I’m not always forlorn, it creeps up on me when I’m idle, when my brain is operating on autopilot, you know… showering, emptying the dishwasher, even sometimes walking the dogs.
That’s the one that brings me to my senses, how on earth can I be gloomy when I’m in the fresh air with beautiful blue sky above me and a sweet natured pup at my feet.
Google it… an idle brain is the devils workshop. Whether or not there’s an actual devil it’s hard to disagree with the sentiment. When my mind is permitted to linger in negative spaces I run the risk of feeling down, pitiful…forlorn.
Yes, sometimes a little cry is a healthy thing, acknowledge your feelings, just don’t get stuck. There was a movie in the 80’s with a female character who had a job in the news industry. In one scene she goes to her hotel room, checks the time, sits on the bed and cries. She cries for a specific length of time, then stops, dries her eyes and gets back to life. I loved that scene, it’s the only I remember from the movie.
For all of us out there that suddenly find ourselves with an idle brain, one that’s left space for negative energy…Stop.
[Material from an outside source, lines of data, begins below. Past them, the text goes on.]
// The text of the listing program.
#![tactic(auto)]

mod lines;
mod text;

ghost use Rattle.std.specs.Prelude.{◌≡◌, ◌*◌, ◌%◌, ◌≤◌, ◌&&◌, eqb, leb, length};
ghost use Rattle.format.specs.Lists.{over};
ghost use Rattle.format.specs.Table.{read_table};
ghost use Rattle.format.specs.Image.{from_bytes};
ghost use Rattle.format.specs.Proper.{check_image, trits_of, shadows_of};
ghost use Rattle.format.specs.Listing.{listing, table_text, listing_outcome, listing_leaves};
ghost use Rattle.listing.specs.Wrote.{Room, Wrote};

use crate::text::Text;
use format::{MAX_INPUT, Refusal};
use packing::pack::pack;
use proper::check::examine;

// Puts the listing of a proper image.
fn put_listing(text: &mut Text, bytes: &[u8])
    requires { (check_image bytes.now ≡ 0) × Room text.old.bytes.now text.old.end (listing (trits_of bytes.now) (shadows_of bytes.now)) }
    ensures wrote { Wrote text.old.bytes.now text.old.end (listing (trits_of bytes.now) (shadows_of bytes.now)) text.new.end text.new.bytes.now }
    ensures same { text.new.bytes.ghost_name ≡ text.old.bytes.ghost_name }
{
    let Ok(image) = examine(bytes) else {
        return;
    };
    lines::put_counts(text, &image);
    lines::put_nodes(text, &image);
}

// Puts the text for a table; the buffers that it packs with have room enough.
fn put_table(text: &mut Text, table: &[u16])
    requires { (length table.now ≤ 4000) × Room text.old.bytes.now text.old.end (table_text (read_table table.now)) }
    ensures wrote { Wrote text.old.bytes.now text.old.end (table_text (read_table table.now)) text.new.end text.new.bytes.now }
    ensures same { text.new.bytes.ghost_name ≡ text.old.bytes.ghost_name }
{
    let mut order = [0u16; 4000];
    let mut work = [0u32; 12000];
    let mut image = [0u8; 32768];
    match pack(table, &mut order, &mut work, &mut image) {
        Err(f) => text.put_refusal(f),
        Ok(size) => put_listing(text, &image[..size]),
    }
}

// Whether the bytes are whole words, and no more than the program reads.
fn words_fit(input: &[u8]) -> bool
    ensures { result ≡ (eqb (length input.now % 2) 0 && leb (length input.now) 8000) }
{
    input.len() % 2 == 0 && input.len() <= MAX_INPUT
}

// Reads a table's words, two bytes a word, low byte first.
fn read_words(input: &[u8], words: &mut [u16])
    requires { (length input.now % 2 ≡ 0) × (length input.now ≤ 2 * length words.old) }
    ensures { words.new ≡ over (from_bytes 2 input.now) words.old }
{
    for i in 0..input.len() / 2 {
        words[i] = little::get::<2>(input, 2 * i) as u16;
    }
}

// The text of the listing program for the bytes of standard input: its length, and the text over the front of the buffer.
pub fn listing(input: &[u8], text: &mut [u8; 100000]) -> usize
    ensures { listing_outcome input.now text.old ≡ listing_leaves result text.new }
{
    let mut out = Text {
        bytes: text,
        end: 0,
    };
    if words_fit(input) {
        let mut words = [0u16; 4000];
        read_words(input, &mut words);
        put_table(&mut out, &words[..input.len() / 2]);
    } else {
        out.put_refusal(Refusal::InputWrong);
    }
    out.end
}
Let’s concentrate on what we’re physically doing, appreciate each moment of the task, and tell ourselves this: “nothing is hopeless, I haven’t been deprived, I’m choosing happy”
P.S. Interesting fact…after writing this and while trying to remember the name of the movie (Broadcast News with Holly Hunter and William Hurt) I was searching ‘crying scenes‘ and came across the blog Mommy Verbs, looks like I’m not the only one who thinks this is a good plan.